▸ DATA FOR REVIEW
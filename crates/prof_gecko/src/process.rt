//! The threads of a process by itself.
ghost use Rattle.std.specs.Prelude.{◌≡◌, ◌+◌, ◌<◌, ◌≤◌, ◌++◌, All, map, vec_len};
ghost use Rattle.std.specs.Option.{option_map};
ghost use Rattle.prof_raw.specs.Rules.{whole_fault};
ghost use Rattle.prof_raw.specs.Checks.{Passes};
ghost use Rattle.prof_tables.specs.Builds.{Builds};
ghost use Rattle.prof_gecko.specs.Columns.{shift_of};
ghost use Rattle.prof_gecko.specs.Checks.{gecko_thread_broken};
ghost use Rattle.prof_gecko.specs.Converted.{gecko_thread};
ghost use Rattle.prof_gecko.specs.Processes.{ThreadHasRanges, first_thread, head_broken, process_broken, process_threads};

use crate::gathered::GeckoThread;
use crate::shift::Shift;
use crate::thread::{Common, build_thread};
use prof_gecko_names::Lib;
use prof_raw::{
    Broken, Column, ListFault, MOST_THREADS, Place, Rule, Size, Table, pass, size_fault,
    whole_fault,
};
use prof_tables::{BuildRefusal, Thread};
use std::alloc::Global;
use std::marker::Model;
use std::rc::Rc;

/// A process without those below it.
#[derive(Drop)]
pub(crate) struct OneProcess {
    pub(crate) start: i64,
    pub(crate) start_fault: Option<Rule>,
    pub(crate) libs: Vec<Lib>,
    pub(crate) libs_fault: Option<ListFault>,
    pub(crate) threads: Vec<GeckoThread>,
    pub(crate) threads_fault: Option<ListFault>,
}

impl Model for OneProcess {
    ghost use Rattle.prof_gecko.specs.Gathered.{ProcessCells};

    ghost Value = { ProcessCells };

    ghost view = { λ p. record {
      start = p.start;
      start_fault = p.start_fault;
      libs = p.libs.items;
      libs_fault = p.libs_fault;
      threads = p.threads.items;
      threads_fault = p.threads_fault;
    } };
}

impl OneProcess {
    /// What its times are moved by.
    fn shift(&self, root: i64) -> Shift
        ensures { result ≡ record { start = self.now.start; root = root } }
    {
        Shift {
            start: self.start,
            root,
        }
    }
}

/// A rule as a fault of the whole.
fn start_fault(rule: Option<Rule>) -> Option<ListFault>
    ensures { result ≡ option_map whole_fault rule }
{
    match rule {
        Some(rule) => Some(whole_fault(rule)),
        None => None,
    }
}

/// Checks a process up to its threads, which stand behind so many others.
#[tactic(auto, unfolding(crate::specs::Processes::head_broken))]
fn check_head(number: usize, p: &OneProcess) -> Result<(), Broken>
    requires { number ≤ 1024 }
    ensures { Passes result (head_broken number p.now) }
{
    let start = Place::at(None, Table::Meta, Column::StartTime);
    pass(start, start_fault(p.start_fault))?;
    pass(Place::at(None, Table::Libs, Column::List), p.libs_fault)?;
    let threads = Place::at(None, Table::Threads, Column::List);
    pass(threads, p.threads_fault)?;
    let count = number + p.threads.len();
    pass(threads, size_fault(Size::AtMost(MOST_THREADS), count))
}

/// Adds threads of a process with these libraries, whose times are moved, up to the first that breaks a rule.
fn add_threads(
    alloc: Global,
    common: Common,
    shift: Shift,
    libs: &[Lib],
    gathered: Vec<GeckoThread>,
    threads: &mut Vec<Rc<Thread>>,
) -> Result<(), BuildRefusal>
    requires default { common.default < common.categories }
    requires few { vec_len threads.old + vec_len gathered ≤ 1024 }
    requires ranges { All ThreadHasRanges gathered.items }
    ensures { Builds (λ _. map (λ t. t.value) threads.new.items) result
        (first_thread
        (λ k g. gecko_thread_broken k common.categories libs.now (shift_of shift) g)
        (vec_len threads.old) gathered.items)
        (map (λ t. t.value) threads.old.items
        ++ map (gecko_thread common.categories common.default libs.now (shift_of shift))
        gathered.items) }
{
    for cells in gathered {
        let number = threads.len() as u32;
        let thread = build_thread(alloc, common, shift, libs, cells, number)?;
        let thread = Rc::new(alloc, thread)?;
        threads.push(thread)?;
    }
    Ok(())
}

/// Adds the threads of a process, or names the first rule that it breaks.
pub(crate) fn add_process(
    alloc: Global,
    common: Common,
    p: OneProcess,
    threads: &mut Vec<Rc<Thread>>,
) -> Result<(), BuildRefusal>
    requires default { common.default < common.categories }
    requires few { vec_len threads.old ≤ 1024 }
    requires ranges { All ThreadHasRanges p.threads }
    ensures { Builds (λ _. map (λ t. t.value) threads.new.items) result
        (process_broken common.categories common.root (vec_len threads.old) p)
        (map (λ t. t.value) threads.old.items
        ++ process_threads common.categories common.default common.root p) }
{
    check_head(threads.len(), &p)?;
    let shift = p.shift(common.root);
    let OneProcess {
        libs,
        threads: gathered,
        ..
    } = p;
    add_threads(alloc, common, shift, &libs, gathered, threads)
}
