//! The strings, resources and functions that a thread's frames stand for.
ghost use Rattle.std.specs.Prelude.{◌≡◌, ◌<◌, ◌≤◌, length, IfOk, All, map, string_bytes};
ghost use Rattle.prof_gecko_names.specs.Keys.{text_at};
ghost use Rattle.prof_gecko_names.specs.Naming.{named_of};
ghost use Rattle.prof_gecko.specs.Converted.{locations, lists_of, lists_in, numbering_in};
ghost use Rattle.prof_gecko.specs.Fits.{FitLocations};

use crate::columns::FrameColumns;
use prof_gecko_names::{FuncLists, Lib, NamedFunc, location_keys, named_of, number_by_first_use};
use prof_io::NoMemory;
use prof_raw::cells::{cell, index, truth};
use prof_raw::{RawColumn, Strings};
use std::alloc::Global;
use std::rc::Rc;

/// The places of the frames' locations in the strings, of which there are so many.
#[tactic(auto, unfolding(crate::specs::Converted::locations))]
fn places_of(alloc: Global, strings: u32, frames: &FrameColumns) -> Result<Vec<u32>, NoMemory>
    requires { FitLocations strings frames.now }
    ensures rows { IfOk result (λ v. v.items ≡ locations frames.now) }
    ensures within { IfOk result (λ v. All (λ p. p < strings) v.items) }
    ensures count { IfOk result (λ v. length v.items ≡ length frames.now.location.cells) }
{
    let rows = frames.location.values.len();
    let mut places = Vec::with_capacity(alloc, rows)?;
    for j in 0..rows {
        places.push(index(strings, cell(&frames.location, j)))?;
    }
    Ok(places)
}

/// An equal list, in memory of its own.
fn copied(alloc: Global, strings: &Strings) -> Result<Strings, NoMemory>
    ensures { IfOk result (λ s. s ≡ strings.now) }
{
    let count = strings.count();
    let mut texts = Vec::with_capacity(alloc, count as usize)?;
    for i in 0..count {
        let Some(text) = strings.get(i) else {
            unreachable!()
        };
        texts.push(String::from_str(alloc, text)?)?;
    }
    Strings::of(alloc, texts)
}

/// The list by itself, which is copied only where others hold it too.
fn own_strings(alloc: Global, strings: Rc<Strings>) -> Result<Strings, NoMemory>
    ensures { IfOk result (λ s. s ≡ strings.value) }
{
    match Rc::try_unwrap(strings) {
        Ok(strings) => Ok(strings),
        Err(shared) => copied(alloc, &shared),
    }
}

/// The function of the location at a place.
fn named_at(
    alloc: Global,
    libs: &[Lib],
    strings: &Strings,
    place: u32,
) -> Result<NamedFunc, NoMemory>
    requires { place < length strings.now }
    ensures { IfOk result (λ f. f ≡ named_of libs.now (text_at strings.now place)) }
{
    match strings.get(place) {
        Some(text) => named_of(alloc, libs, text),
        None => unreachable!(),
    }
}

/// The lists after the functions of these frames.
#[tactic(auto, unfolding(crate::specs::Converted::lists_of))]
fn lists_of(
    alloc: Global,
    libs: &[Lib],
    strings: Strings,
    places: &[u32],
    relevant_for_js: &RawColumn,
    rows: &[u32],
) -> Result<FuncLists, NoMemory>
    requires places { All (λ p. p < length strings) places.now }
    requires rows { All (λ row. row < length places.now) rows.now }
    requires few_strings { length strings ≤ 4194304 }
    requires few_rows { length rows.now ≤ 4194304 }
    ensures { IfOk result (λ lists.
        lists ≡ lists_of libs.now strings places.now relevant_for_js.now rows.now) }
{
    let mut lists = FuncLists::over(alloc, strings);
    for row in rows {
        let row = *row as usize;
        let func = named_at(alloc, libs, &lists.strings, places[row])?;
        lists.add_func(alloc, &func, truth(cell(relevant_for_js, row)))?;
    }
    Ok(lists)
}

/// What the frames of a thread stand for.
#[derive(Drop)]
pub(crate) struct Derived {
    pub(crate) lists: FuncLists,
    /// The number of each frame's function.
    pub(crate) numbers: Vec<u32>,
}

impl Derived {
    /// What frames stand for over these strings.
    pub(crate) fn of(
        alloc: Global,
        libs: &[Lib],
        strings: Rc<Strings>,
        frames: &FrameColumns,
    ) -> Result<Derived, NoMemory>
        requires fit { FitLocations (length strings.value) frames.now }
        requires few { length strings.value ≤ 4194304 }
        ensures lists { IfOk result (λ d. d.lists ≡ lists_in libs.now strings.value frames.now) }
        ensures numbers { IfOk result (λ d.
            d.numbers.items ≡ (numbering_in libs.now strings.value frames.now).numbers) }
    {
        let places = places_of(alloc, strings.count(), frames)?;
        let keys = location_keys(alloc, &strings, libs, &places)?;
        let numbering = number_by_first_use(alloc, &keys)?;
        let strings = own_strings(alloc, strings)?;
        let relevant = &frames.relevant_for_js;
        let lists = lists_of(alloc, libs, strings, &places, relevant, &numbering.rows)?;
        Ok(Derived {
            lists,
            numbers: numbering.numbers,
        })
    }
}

▸ EXERCISE
Wherever "over" occurs in the records above, copy the line it sits in.

▸ COMPLETED EXERCISE
    let mut lists = FuncLists::over(alloc, strings);
    /// What frames stand for over these strings.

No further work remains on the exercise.